La lutte contre le trafic illicite des biens culturels au menu d’une réunion à Dakar
APS
SENEGAL-AFRIQUE-CULTURE

La lutte contre le trafic illicite des biens culturels au menu d’une réunion à Dakar

Dakar, 19 juil (APS) – Le Bureau régional de l’UNESCO à Dakar organise, depuis mardi, une réunion du groupe de travail sous-régional de lutte contre le trafic illicite des biens culturels (TIBC) dans la région du Sahel, a appris l’APS.
 
Cette rencontre va durer trois jours, selon un communiqué reçu du Bureau régional de l’UNESCO.
 
Elle réunit à Dakar une vingtaine d’experts et professionnels venant de cinq pays de la sous-région (Burkina-Faso, Mali, Mauritanie, Niger, Sénégal), représentants des ministères de la Culture, des Nations Unies, directeurs de musées ainsi qu’agents de police, représentants des bureaux nationaux d’Interpol et officiers des douanes.
 
"Bien que protégés par différentes législations nationales et traités internationaux, les biens culturels d’Afrique de l’Ouest, fortement convoités sur le marché de l’art, font souvent l’objet de transactions commerciales illégales", rappelle l’UNESCO.
 
L’organisation onusienne ajoute que poussées à des mesures de survie extrêmes, "liées aux famines et à la pauvreté, les populations vendent, sous la pression de trafiquants, une partie de leur patrimoine culturel". 
 
"Aujourd’hui les agriculteurs délaissent leurs champs pour aller creuser les sites archéologiques.
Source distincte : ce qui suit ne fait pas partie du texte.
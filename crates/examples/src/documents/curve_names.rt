ghost use Rattle.curves.specs.Curves.{curve_arcs};
ghost use Rattle.curves.specs.declared.curve.Curve.{Curve};
ghost use Rattle.std.specs.Prelude.{◌≡◌, IfSome, Some};

use curves::Curve;
use sec1_der::ObjectIdentifier;

/// Returns the curve that an identifier names, if it is one of the table.
pub fn curve_of(identifier: &ObjectIdentifier) -> Option<Curve>
    ensures found { IfSome result (λ curve. curve_arcs curve ≡ identifier.now) }
    ensures only { (curve : Curve) → curve_arcs curve ≡ identifier.now → result ≡ Some curve }
{
    Curve::from_identifier(identifier)
}
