//! Keys and documents in files.

use crate::calls::tried;
use crate::keys::{Copied, of_der, of_der_written, of_key, of_written, pattern};
use crate::streams::{der_end, end, error_name, kind_name, moved};
use crate::words::{joined, number, word};
use sec1::der::SecretDocument;
use sec1::{DecodeEcPrivateKey, EcPrivateKey, EncodeEcPrivateKey, Error};
use std::alloc::{AllocError, Global};
use std::rt::Files;

/// Returns the text of the key in a file.
fn read_key<H: Files>(rt: &H, alloc: Global, path: &str) -> Result<String, AllocError> {
    match Copied::read_sec1_der_file(rt, alloc, path) {
        Ok(key) => moved(alloc, &key.bytes),
        Err(error) => error_name(alloc, &error),
    }
}

/// Returns the line for a file that is read as `document` or as `key`.
pub fn read<H: Files>(rt: &H, alloc: Global, rest: &[u8]) -> Result<String, AllocError> {
    let (kind, path) = word(rest);
    let Ok(path) = str::from_utf8(path) else {
        return "not a text".to_string(alloc);
    };
    if kind == b"key".as_slice() {
        return read_key(rt, alloc, path);
    }
    match SecretDocument::read_der_file(rt, alloc, path) {
        Ok(document) => moved(alloc, document.as_bytes()),
        Err(error) => kind_name(alloc, &error),
    }
}

/// Returns the document of a key with a private key of this length, or, of `-`, the shortest
/// element, which is no key.
fn document_of(alloc: Global, private_len: &[u8]) -> sec1::Result<SecretDocument> {
    if private_len == b"-".as_slice() {
        return Ok(SecretDocument::from_der(alloc, b"\x05\x00")?);
    }
    let Ok(private_key) = pattern(alloc, number(private_len)) else {
        return Err(Error::Memory);
    };
    let key = EcPrivateKey {
        private_key: &private_key,
        parameters: None,
        public_key: None,
    };
    key.document(alloc)
}

/// Returns how the bytes of the document are written as a key.
fn write_key<H: Files>(
    rt: &H,
    alloc: Global,
    document: &SecretDocument,
    path: &str,
) -> Result<String, AllocError> {
    let bytes = Vec::from_slice(alloc, document.as_bytes())?;
    end(alloc, Copied { bytes }.write_sec1_der_file(rt, alloc, path))
}

/// Returns the line for a file into which a `document` or a `key` is written.
pub fn write<H: Files>(rt: &H, alloc: Global, rest: &[u8]) -> Result<String, AllocError> {
    let (kind, rest) = word(rest);
    let (private_len, path) = word(rest);
    let Ok(path) = str::from_utf8(path) else {
        return "not a text".to_string(alloc);
    };
    let Ok(document) = document_of(alloc, private_len) else {
        return "not written".to_string(alloc);
    };
    if kind == b"key".as_slice() {
        return write_key(rt, alloc, &document, path);
    }
    der_end(alloc, document.write_der_file(rt, path))
}

/// Returns the line for the calls on a file of a key. `rest` has the length of its private key and
/// the path.
pub fn answer<H: Files>(rt: &H, alloc: Global, rest: &[u8]) -> Result<String, AllocError> {
    let (private_len, path) = word(rest);
    let Ok(path) = str::from_utf8(path) else {
        return "not a text".to_string(alloc);
    };
    let Ok(document) = document_of(alloc, private_len) else {
        return "not written".to_string(alloc);
    };
    let key = Copied {
        bytes: Vec::from_slice(alloc, document.as_bytes())?,
    };
    let wrote = tried(
        alloc,
        "write_sec1_der_file",
        || of_written(key.write_sec1_der_file(rt, alloc, path)),
    );
    let read = tried(
        alloc,
        "read_sec1_der_file",
        || of_key(Copied::read_sec1_der_file(rt, alloc, path)),
    );
    let put = tried(
        alloc,
        "write_der_file",
        || of_der_written(document.write_der_file(rt, path)),
    );
    let got = tried(
        alloc,
        "read_der_file",
        || of_der(SecretDocument::read_der_file(rt, alloc, path)),
    );
    joined(alloc, "", ["file".to_string(alloc), wrote, read, put, got])
}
Les objets illicitement exhumés et exportés peuvent se retrouver plus tard dans des collections en Europe ou en Amérique du Nord, mais aussi en Asie ou encore dans le Golfe, partout où des collectionneurs non scrupuleux et des musées sans éthique s’en portent acquéreurs sans préoccupation de leur provenance", note encore l’UNESCO.
 
Selon le communiqué, "Internet a révolutionné ce commerce, facilitant et accélérant ces transactions illégales, et permettant de revendre les biens culturels, en particulier pièces archéologiques et sacrées, qui peuvent ainsi atteindre des sommes importantes et sortent des territoires nationaux sans contrôle".
 
Il rappelle que la lutte contre le trafic illicite, qui fait l’objet depuis 2015 de plusieurs résolutions du Conseil de sécurité, "est donc devenue, au-delà d’un enjeu culturel national, un impératif de sécurité internationale".